YOUR OBJECTIVE.
Find how many lines in the entries below carry the word "Replies" and answer with only that figure.

Stored dataset items:
++++++++++

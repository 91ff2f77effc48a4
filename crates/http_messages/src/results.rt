//! The results of answers, as JSON.
ghost use Rattle.std.specs.Prelude.{◌≡◌, ◌++◌, IfOk, OnOk, codes};
ghost use Rattle.std.specs.Option.{option_copied};
ghost use Rattle.std.specs.String.{string_bytes};
ghost use Rattle.std.specs.List.{flat_map};
ghost use Rattle.http_messages.specs.Texts.{base64_text};
ghost use Rattle.http_messages.specs.Results.{status_result, info_result, log_text, query_result, json_tx, txs_text, block_result, unconfirmed_result, receipt_text, sync_result, rejected_sync, tx_result, commit_result, rejected_commit, kind_name};

use crate::answer::Receipt;
use crate::texts::{base64, hash, value};
use ledger_model::{AppKind, Batch, Height, ReplicaId, Tx};
use std::alloc::{AllocError, Global};

/// How far a replica is.
#[tactic(auto, unfolding(crate::specs::Results::status_result))]
pub(crate) fn status(
    alloc: Global,
    replica: ReplicaId,
    round: u32,
    height: Height,
) -> Result<String, AllocError>
    ensures { IfOk result (λ text. string_bytes text ≡ status_result replica round height) }
{
    let replica = replica.number();
    let height = height.number();
    format!(in alloc;
        "{{\"node_info\":{{\"network\":\"abft\",\"moniker\":\"replica {replica}\"}},\
         \"sync_info\":{{\"latest_block_height\":\"{height}\",\"catching_up\":false}},\
         \"abft\":{{\"replica\":{replica},\"round\":{round}}}}}"
    )
}

/// The name of a kind of application.
fn kind_name(kind: AppKind) -> &'static str
    ensures { result.now ≡ kind_name kind }
{
    match kind {
        AppKind::Own => "own",
        AppKind::KvStore => "kvstore",
        AppKind::Counter => "counter",
        AppKind::Purse => "purse",
    }
}

/// What an application says of itself.
#[tactic(auto, unfolding(crate::specs::Results::info_result))]
pub(crate) fn info(
    alloc: Global,
    kind: AppKind,
    height: Height,
    hash: &[u8],
) -> Result<String, AllocError>
    ensures { IfOk result (λ text. string_bytes text ≡ info_result kind height hash.now) }
{
    let kind = kind_name(kind);
    let height = height.number();
    let hash = base64(alloc, hash)?;
    format!(in alloc;
        "{{\"response\":{{\"data\":\"{kind}\",\"last_block_height\":\"{height}\",\"last_block_app_hash\":\"{hash}\"}}}}"
    )
}

/// Whether there is a value, in words.
fn log(found: Option<&[u8]>) -> &'static str
    ensures { result.now ≡ log_text (option_copied found.entry) }
{
    match found {
        Some(_) => "exists",
        None => "does not exist",
    }
}

/// What an application has under a key.
#[tactic(auto, unfolding(crate::specs::Results::query_result))]
pub(crate) fn query(
    alloc: Global,
    key: &[u8],
    found: Option<&[u8]>,
    height: Height,
) -> Result<String, AllocError>
    ensures { IfOk result (λ text. string_bytes text ≡ query_result key.now (option_copied found.entry) height) }
{
    let log = log(found);
    let height = height.number();
    let key = base64(alloc, key)?;
    let value = value(alloc, found)?;
    format!(in alloc;
        "{{\"response\":{{\"code\":0,\"log\":\"{log}\",\"info\":\"\",\"index\":\"0\",\"key\":\"{key}\",\"value\":{value},\
         \"proofOps\":null,\"height\":\"{height}\",\"codespace\":\"\"}}}}"
    )
}

/// Appends a transaction in base64 and quotes.
#[tactic(auto, unfolding(crate::specs::Results::json_tx))]
fn add_tx(out: &mut String, tx: &Tx) -> Result<(), AllocError>
    ensures { OnOk result (string_bytes out.new ≡ string_bytes out.old ++ json_tx tx.now) }
{
    let alloc = *out.allocator();
    let bytes = base64(alloc, tx.as_bytes())?;
    write!(out, "\"{bytes}\"")
}

/// Appends transactions, each preceded by a comma.
fn add_more(out: &mut String, transactions: &[Tx]) -> Result<(), AllocError>
    ensures { OnOk result (string_bytes out.new ≡ string_bytes out.old ++ flat_map (λ t. codes "," ++ json_tx t) transactions.now) }
{
    for tx in transactions {
        out.push_str(",")?;
        add_tx(out, tx)?;
    }
    Ok(())
}

/// Appends transactions, separated by commas.
fn add_txs(out: &mut String, transactions: &[Tx]) -> Result<(), AllocError>
    ensures { OnOk result (string_bytes out.new ≡ string_bytes out.old ++ txs_text transactions.now) }
{
    match transactions {
        [] => Ok(()),
        [first, rest @ ..] => {
            add_tx(out, first)?;
            add_more(out, rest)
        }
    }
}

/// The block at a height.
#[tactic(auto, unfolding(crate::specs::Results::block_result))]
pub(crate) fn block(alloc: Global, height: Height, batch: &Batch) -> Result<String, AllocError>
    ensures { IfOk result (λ text. string_bytes text ≡ block_result height batch.now) }
{
    let height = height.number();
    let mut txs = String::new(alloc);
    add_txs(&mut txs, batch.transactions())?;
    format!(in alloc;
        "{{\"block_id\":{{\"hash\":\"\",\"parts\":{{\"total\":0,\"hash\":\"\"}}}},\
         \"block\":{{\"header\":{{\"height\":\"{height}\"}},\"data\":{{\"txs\":[{txs}]}}}}}}"
    )
}

/// How many transactions wait for a block, and how many bytes they have together.
#[tactic(auto, unfolding(crate::specs::Results::unconfirmed_result))]
pub(crate) fn unconfirmed(alloc: Global, count: u64, bytes: u64) -> Result<String, AllocError>
    ensures { IfOk result (λ text. string_bytes text ≡ unconfirmed_result count bytes) }
{
    format!(in alloc;
        "{{\"n_txs\":\"{count}\",\"total\":\"{count}\",\"total_bytes\":\"{bytes}\",\"txs\":null}}"
    )
}

/// Where a transaction is kept.
#[tactic(auto, unfolding(crate::specs::Results::receipt_text))]
fn receipt_text(alloc: Global, receipt: Receipt) -> Result<String, AllocError>
    ensures { IfOk result (λ text. string_bytes text ≡ receipt_text receipt.replica receipt.index) }
{
    let Receipt { replica, index } = receipt;
    let replica = replica.number();
    format!(in alloc; "{{\"replica\":{replica},\"index\":{index}}}")
}

/// The pool has a transaction.
#[tactic(auto, unfolding(crate::specs::Results::sync_result))]
pub(crate) fn sync(alloc: Global, tx: &[u8], receipt: Receipt) -> Result<String, AllocError>
    ensures { IfOk result (λ text. string_bytes text ≡ sync_result tx.now receipt.replica receipt.index) }
{
    let hash = hash(alloc, tx)?;
    let receipt = receipt_text(alloc, receipt)?;
    format!(in alloc;
        "{{\"code\":0,\"data\":\"\",\"log\":\"\",\"codespace\":\"\",\"hash\":\"{hash}\",\"abft\":{receipt}}}"
    )
}

/// The application refused a transaction with this code.
#[tactic(auto, unfolding(crate::specs::Results::rejected_sync))]
pub(crate) fn rejected_sync(alloc: Global, tx: &[u8], code: u32) -> Result<String, AllocError>
    ensures { IfOk result (λ text. string_bytes text ≡ rejected_sync tx.now code) }
{
    let hash = hash(alloc, tx)?;
    format!(in alloc;
        "{{\"code\":{code},\"data\":\"\",\"log\":\"\",\"codespace\":\"\",\"hash\":\"{hash}\"}}"
    )
}

/// What the application returned for a transaction.
#[tactic(auto, unfolding(crate::specs::Results::tx_result))]
fn tx_result(alloc: Global, code: u32) -> Result<String, AllocError>
    ensures { IfOk result (λ text. string_bytes text ≡ tx_result code) }
{
    format!(in alloc;
        "{{\"code\":{code},\"data\":null,\"log\":\"\",\"info\":\"\",\"gas_wanted\":\"0\",\
         \"gas_used\":\"0\",\"events\":[],\"codespace\":\"\"}}"
    )
}

/// The block at a height has a transaction, for which the application returned this code.
#[tactic(auto, unfolding(crate::specs::Results::commit_result))]
pub(crate) fn commit(
    alloc: Global,
    tx: &[u8],
    receipt: Receipt,
    height: Height,
    code: u32,
) -> Result<String, AllocError>
    ensures { IfOk result (λ text. string_bytes text ≡ commit_result tx.now receipt.replica receipt.index height code) }
{
    let height = height.number();
    let check = tx_result(alloc, 0)?;
    let deliver = tx_result(alloc, code)?;
    let hash = hash(alloc, tx)?;
    let receipt = receipt_text(alloc, receipt)?;
    format!(in alloc;
        "{{\"check_tx\":{check},\"deliver_tx\":{deliver},\"hash\":\"{hash}\",\"height\":\"{height}\",\"abft\":{receipt}}}"
    )
}

/// The application refused a transaction with this code, so no block gets it.
#[tactic(auto, unfolding(crate::specs::Results::rejected_commit))]
pub(crate) fn rejected_commit(alloc: Global, tx: &[u8], code: u32) -> Result<String, AllocError>
    ensures { IfOk result (λ text. string_bytes text ≡ rejected_commit tx.now code) }
{
    let check = tx_result(alloc, code)?;
    let deliver = tx_result(alloc, 0)?;
    let hash = hash(alloc, tx)?;
    format!(in alloc;
        "{{\"check_tx\":{check},\"deliver_tx\":{deliver},\"hash\":\"{hash}\",\"height\":\"0\"}}"
    )
}
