//! The whole reply: its head, and the body.
ghost use Rattle.std.specs.Prelude.{◌≡◌, ◌++◌, IfOk, OnOk, OnErr};
ghost use Rattle.std.specs.String.{string_bytes};
ghost use Rattle.http_messages.specs.declared.fault.RequestFault.TheVariants as faults;
ghost use Rattle.http_messages.specs.Answers.{answer_view, Fault};
ghost use Rattle.http_messages.specs.Replies.{status_of, content_type, allow_text, fields_text, head_text, result_text, sync_body, commit_body, body_text, http_reply_bytes};

use crate::answer::{Answer, Commitment, Submission};
use crate::errors::{
    fault_body, reason, refusal_body, refusal_status, service_body, service_status,
};
use crate::metrics::metrics;
use crate::page::PAGE;
use crate::{RequestFault, results};
use ledger_model::SubmitRefusal;
use std::alloc::{AllocError, Global};

/// The status of the reply.
#[tactic(auto, unfolding(crate::specs::Replies::status_of))]
fn status_of(answer: &Answer<'_>) -> u16
    ensures { result ≡ status_of (answer_view answer.now) }
{
    match answer {
        Answer::Fault(fault) => fault.status(),
        Answer::Unanswered(fault) => service_status(*fault),
        Answer::BroadcastSync {
            submission: Submission::Refused(refusal),
            ..
        } => refusal_status(*refusal),
        Answer::BroadcastCommit {
            commitment: Commitment::Refused(refusal),
            ..
        } => refusal_status(*refusal),
        _ => 200,
    }
}

/// The type of the body.
#[tactic(auto, unfolding(crate::specs::Replies::content_type))]
fn content_type(answer: &Answer<'_>) -> &'static str
    ensures { result.now ≡ content_type (answer_view answer.now) }
{
    match answer {
        Answer::Page => "text/html; charset=utf-8",
        Answer::Metrics(_) => "text/plain; version=0.0.4; charset=utf-8",
        _ => "application/json",
    }
}

/// The field line that says which methods are answered, if the method was not.
#[tactic(auto, unfolding(crate::specs::Replies::allow_text))]
fn allow_text(answer: &Answer<'_>) -> &'static str
    ensures { result.now ≡ allow_text (answer_view answer.now) }
{
    match answer {
        Answer::Fault(RequestFault::Method) => "Allow: GET\r\n",
        _ => "",
    }
}

/// The head of a reply with this status, this type and length of the body, and this field line more.
#[tactic(auto, unfolding(crate::specs::Replies::fields_text))]
fn fields(
    alloc: Global,
    status: u16,
    kind: &str,
    len: usize,
    allow: &str,
) -> Result<String, AllocError>
    ensures { IfOk result (λ head. string_bytes head ≡ fields_text status kind.now len allow.now) }
{
    let reason = reason(status);
    format!(in alloc;
        "HTTP/1.1 {status} {reason}\r\nContent-Type: {kind}\r\nContent-Length: {len}\r\n{allow}Connection: close\r\n\r\n"
    )
}

/// The head of the reply with a body of `len` bytes.
#[tactic(auto, unfolding(crate::specs::Replies::head_text))]
fn head(alloc: Global, answer: &Answer<'_>, len: usize) -> Result<String, AllocError>
    ensures { IfOk result (λ head. string_bytes head ≡ head_text (answer_view answer.now) len) }
{
    fields(
        alloc,
        status_of(answer),
        content_type(answer),
        len,
        allow_text(answer),
    )
}

/// The body of a reply with a result.
#[tactic(auto, unfolding(crate::specs::Replies::result_text))]
fn result_body(alloc: Global, result_object: &str) -> Result<String, AllocError>
    ensures { IfOk result (λ body. string_bytes body ≡ result_text result_object.now) }
{
    format!(in alloc; "{{\"jsonrpc\":\"2.0\",\"id\":-1,\"result\":{result_object}}}")
}

/// The body of the reply to a transaction for the pool.
#[tactic(auto, unfolding(crate::specs::Replies::sync_body))]
fn sync_body(alloc: Global, tx: &[u8], submission: Submission) -> Result<String, AllocError>
    ensures { IfOk result (λ body. string_bytes body ≡ sync_body tx.now submission) }
{
    match submission {
        Submission::Pooled(receipt) => result_body(alloc, &results::sync(alloc, tx, receipt)?),
        Submission::Refused(SubmitRefusal::Rejected(code)) => {
            result_body(alloc, &results::rejected_sync(alloc, tx, code)?)
        }
        Submission::Refused(refusal) => refusal_body(alloc, refusal),
    }
}

/// The body of the reply to a transaction that was to be in a block.
#[tactic(auto, unfolding(crate::specs::Replies::commit_body))]
fn commit_body(alloc: Global, tx: &[u8], commitment: Commitment) -> Result<String, AllocError>
    ensures { IfOk result (λ body. string_bytes body ≡ commit_body tx.now commitment) }
{
    match commitment {
        Commitment::Committed {
            receipt,
            height,
            code,
        } => { result_body(alloc, &results::commit(alloc, tx, receipt, height, code)?) }
        Commitment::Refused(SubmitRefusal::Rejected(code)) => {
            result_body(alloc, &results::rejected_commit(alloc, tx, code)?)
        }
        Commitment::Refused(refusal) => refusal_body(alloc, refusal),
    }
}

/// The page.
fn page_body(alloc: Global, page: &str) -> Result<String, AllocError>
    ensures { IfOk result (λ body. string_bytes body ≡ page.now) }
{
    page.to_string(alloc)
}

/// The body of the reply.
#[tactic(auto, unfolding(crate::specs::Replies::body_text))]
fn body(alloc: Global, answer: &Answer<'_>) -> Result<String, AllocError>
    ensures { IfOk result (λ body. string_bytes body ≡ body_text (answer_view answer.now)) }
{
    match answer {
        Answer::Page => page_body(alloc, PAGE),
        Answer::Health => result_body(alloc, "{}"),
        Answer::Status {
            replica,
            round,
            height,
        } => { result_body(alloc, &results::status(alloc, *replica, *round, *height)?) }
        Answer::AbciInfo { kind, height, hash } => {
            result_body(alloc, &results::info(alloc, *kind, *height, hash)?)
        }
        Answer::AbciQuery { key, value, height } => {
            result_body(alloc, &results::query(alloc, key, *value, *height)?)
        }
        Answer::Block { height, batch } => {
            result_body(alloc, &results::block(alloc, *height, batch)?)
        }
        Answer::UnconfirmedTxs { count, bytes } => {
            result_body(alloc, &results::unconfirmed(alloc, *count, *bytes)?)
        }
        Answer::BroadcastSync { tx, submission } => sync_body(alloc, tx, *submission),
        Answer::BroadcastCommit { tx, commitment } => commit_body(alloc, tx, *commitment),
        Answer::Metrics(replicas) => metrics(alloc, replicas),
        Answer::Fault(fault) => fault_body(alloc, *fault),
        Answer::Unanswered(fault) => service_body(alloc, *fault),
    }
}

/// Appends the reply: the status line, the fields, and the body, whose length the head has. If memory runs out, nothing is appended.
#[tactic(auto, unfolding(crate::specs::Replies::http_reply_bytes))]
pub fn put_reply(out: &mut Vec<u8>, answer: &Answer<'_>) -> Result<(), AllocError>
    ensures ok { OnOk result (out.new.items ≡ out.old.items ++ http_reply_bytes (answer_view answer.now)) }
    ensures err { OnErr result (out.new.items ≡ out.old.items) }
{
    let alloc = *out.allocator();
    let body = body(alloc, answer)?;
    let head = head(alloc, answer, body.len())?;
    out.reserve(head.len() + body.len())?;
    out.extend_from_slice(head.as_bytes())?;
    out.extend_from_slice(body.as_bytes())
}

/// The reply to a request for which memory ran out, as a constant.
const OUT_OF_MEMORY: &str = "\
    HTTP/1.1 500 Internal Server Error\r\n\
    Content-Type: application/json\r\n\
    Content-Length: 99\r\n\
    Connection: close\r\n\
    \r\n\
    {\"jsonrpc\":\"2.0\",\"id\":-1,\"error\":{\"code\":-32603,\"message\":\"Internal error\",\"data\":\"out of memory\"}}";

/// The reply to a request for which memory ran out. It needs no memory.
pub fn out_of_memory_reply() -> &'static [u8]
    ensures { result.now ≡ http_reply_bytes (Fault faults.NoMemory) }
{
    OUT_OF_MEMORY.as_bytes()
}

++++++++++

WRITTEN SOLUTION.
11